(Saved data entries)
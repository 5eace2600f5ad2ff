//! Interfaces.

use crate::draft::{Draft, Named};
use crate::fault::{Fault, NameFault};
use crate::gates::{check_attributes, docs_of, stability_of};
use crate::scope::{Context, ScopeDraft};
use crate::tables::add_new;
use crate::written::interface_types;
use std::alloc::{AllocError, Global};
use wit_data::{Docs, Function, Interface, InterfaceId, Names, Stability, Text, TypeId, TypeOwner};
use wit_text::syntax::{
    DefinitionKind, Gate, InterfaceStatement, InterfaceStatementKind, Piece, ResourceFunction,
};

/// An interface as a file has it.
#[derive(Clone, Copy)]
pub(crate) struct WrittenInterface<'a> {
    pub gate: &'a Gate,
    /// Its name, or the label under which a world writes it in place.
    pub name: Piece,
    /// Whether a world writes it in place.
    pub is_in_place: bool,
    pub statements: &'a [InterfaceStatement],
}

impl<'a> Context<'a> {
    /// Makes the interface of an id, of which the name alone is known.
    pub fn make_interface(
        self,
        draft: &mut Draft,
        id: InterfaceId,
        written: &WrittenInterface<'a>,
    ) -> Result<(), Fault> {
        let (docs, stability) = self.head(written.gate, written.is_in_place)?;
        let mut scope = ScopeDraft::new(self, TypeOwner::Interface(id));
        let statements = interface_types(self.alloc, written.statements)?;
        scope.define_types(draft, statements.as_slice())?;
        let functions = scope.interface_functions(draft, written.statements)?;
        let interface = Interface {
            name: self.interface_name(written)?,
            types: types_of(self.alloc, &scope.names)?,
            functions,
            docs,
            stability,
            package: None,
            span: written.name.span,
        };
        draft.set_interface(id, interface, scope.into_names());
        Ok(())
    }

    /// The documentation and the gate of an interface or a world.
    pub fn head(self, gate: &Gate, may_have_id: bool) -> Result<(Docs, Stability), Fault> {
        check_attributes(gate, may_have_id)?;
        let source = self.part.source;
        let stability = stability_of(self.alloc, source, gate)?;
        Ok((docs_of(self.alloc, source, &gate.docs)?, stability))
    }

    /// The name of an interface, None of one that a world writes in place.
    fn interface_name(self, written: &WrittenInterface<'a>) -> Result<Option<Text>, AllocError> {
        if written.is_in_place {
            return Ok(None);
        }
        Ok(Some(self.copy(&written.name)?))
    }
}

impl<'a> ScopeDraft<'a> {
    /// The functions of an interface, whose types are made.
    fn interface_functions(
        &mut self,
        draft: &mut Draft,
        statements: &[InterfaceStatement],
    ) -> Result<Names<Function>, Fault> {
        let mut functions = Names::new(self.context.alloc);
        for statement in statements {
            match &statement.kind {
                InterfaceStatementKind::Function(name, signature) => {
                    self.define(name, Named::Function)?;
                    let made = self.free_function(draft, &statement.gate, name, signature)?;
                    self.add_function(&mut functions, name, made)?;
                }
                InterfaceStatementKind::Define(definition) => {
                    if let DefinitionKind::Resource(written) = &definition.kind {
                        let written = written.as_slice();
                        self.add_methods(draft, &mut functions, &definition.name, written)?;
                    }
                }
                InterfaceStatementKind::Use(_) => {}
            }
        }
        Ok(functions)
    }

    /// Adds the functions of a resource of an interface.
    fn add_methods(
        &self,
        draft: &mut Draft,
        functions: &mut Names<Function>,
        resource: &Piece,
        written: &[ResourceFunction],
    ) -> Result<(), Fault> {
        for function in written {
            let made = self.resource_function(draft, resource, function)?;
            self.add_function(functions, resource, made)?;
        }
        Ok(())
    }

    /// Adds a function under its name, which isn't there yet.
    fn add_function(
        &self,
        functions: &mut Names<Function>,
        written: &Piece,
        function: Function,
    ) -> Result<(), Fault> {
        let key = String::from_str(self.context.alloc, function.name.as_str())?;
        if functions.contains_key(key.as_str()) {
            return Err(self.context.name_fault(written, NameFault::FunctionTwice));
        }
        functions.push(key, function)?;
        Ok(())
    }
}

/// The types among the things that have names. The only error is want of memory.
fn types_of(alloc: Global, names: &Names<Named>) -> Result<Names<TypeId>, AllocError> {
    let mut types = Names::new(alloc);
    for (name, named) in names.iter() {
        if let Named::Type_(id) = named {
            add_new(&mut types, String::from_str(alloc, name)?, *id)?;
        }
    }
    Ok(types)
}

### Work to complete
Give the data again, unchanged in every line.

### Task solution
repository 5eace2600f5ad2ff
//! Interfaces.

use crate::draft::{Draft, Named};
use crate::fault::{Fault, NameFault};
use crate::gates::{check_attributes, docs_of, stability_of};
use crate::scope::{Context, ScopeDraft};
use crate::tables::add_new;
use crate::written::interface_types;
use std::alloc::{AllocError, Global};
use wit_data::{Docs, Function, Interface, InterfaceId, Names, Stability, Text, TypeId, TypeOwner};
use wit_text::syntax::{
    DefinitionKind, Gate, InterfaceStatement, InterfaceStatementKind, Piece, ResourceFunction,
};

/// An interface as a file has it.
#[derive(Clone, Copy)]
pub(crate) struct WrittenInterface<'a> {
    pub gate: &'a Gate,
    /// Its name, or the label under which a world writes it in place.
    pub name: Piece,
    /// Whether a world writes it in place.
    pub is_in_place: bool,
    pub statements: &'a [InterfaceStatement],
}

impl<'a> Context<'a> {
    /// Makes the interface of an id, of which the name alone is known.
    pub fn make_interface(
        self,
        draft: &mut Draft,
        id: InterfaceId,
        written: &WrittenInterface<'a>,
    ) -> Result<(), Fault> {
        let (docs, stability) = self.head(written.gate, written.is_in_place)?;
        let mut scope = ScopeDraft::new(self, TypeOwner::Interface(id));
        let statements = interface_types(self.alloc, written.statements)?;
        scope.define_types(draft, statements.as_slice())?;
        let functions = scope.interface_functions(draft, written.statements)?;
        let interface = Interface {
            name: self.interface_name(written)?,
            types: types_of(self.alloc, &scope.names)?,
            functions,
            docs,
            stability,
            package: None,
            span: written.name.span,
        };
        draft.set_interface(id, interface, scope.into_names());
        Ok(())
    }

    /// The documentation and the gate of an interface or a world.
    pub fn head(self, gate: &Gate, may_have_id: bool) -> Result<(Docs, Stability), Fault> {
        check_attributes(gate, may_have_id)?;
        let source = self.part.source;
        let stability = stability_of(self.alloc, source, gate)?;
        Ok((docs_of(self.alloc, source, &gate.docs)?, stability))
    }

    /// The name of an interface, None of one that a world writes in place.
    fn interface_name(self, written: &WrittenInterface<'a>) -> Result<Option<Text>, AllocError> {
        if written.is_in_place {
            return Ok(None);
        }
        Ok(Some(self.copy(&written.name)?))
    }
}

impl<'a> ScopeDraft<'a> {
    /// The functions of an interface, whose types are made.
    fn interface_functions(
        &mut self,
        draft: &mut Draft,
        statements: &[InterfaceStatement],
    ) -> Result<Names<Function>, Fault> {
        let mut functions = Names::new(self.context.alloc);
        for statement in statements {
            match &statement.kind {
                InterfaceStatementKind::Function(name, signature) => {
                    self.define(name, Named::Function)?;
                    let made = self.free_function(draft, &statement.gate, name, signature)?;
                    self.add_function(&mut functions, name, made)?;
                }
                InterfaceStatementKind::Define(definition) => {
                    if let DefinitionKind::Resource(written) = &definition.kind {
                        let written = written.as_slice();
                        self.add_methods(draft, &mut functions, &definition.name, written)?;
                    }
                }
                InterfaceStatementKind::Use(_) => {}
            }
        }
        Ok(functions)
    }

    /// Adds the functions of a resource of an interface.
    fn add_methods(
        &self,
        draft: &mut Draft,
        functions: &mut Names<Function>,
        resource: &Piece,
        written: &[ResourceFunction],
    ) -> Result<(), Fault> {
        for function in written {
            let made = self.resource_function(draft, resource, function)?;
            self.add_function(functions, resource, made)?;
        }
        Ok(())
    }

    /// Adds a function under its name, which isn't there yet.
    fn add_function(
        &self,
        functions: &mut Names<Function>,
        written: &Piece,
        function: Function,
    ) -> Result<(), Fault> {
        let key = String::from_str(self.context.alloc, function.name.as_str())?;
        if functions.contains_key(key.as_str()) {
            return Err(self.context.name_fault(written, NameFault::FunctionTwice));
        }
        functions.push(key, function)?;
        Ok(())
    }
}

/// The types among the things that have names. The only error is want of memory.
fn types_of(alloc: Global, names: &Names<Named>) -> Result<Names<TypeId>, AllocError> {
    let mut types = Names::new(alloc);
    for (name, named) in names.iter() {
        if let Named::Type_(id) = named {
            add_new(&mut types, String::from_str(alloc, name)?, *id)?;
        }
    }
    Ok(types)
}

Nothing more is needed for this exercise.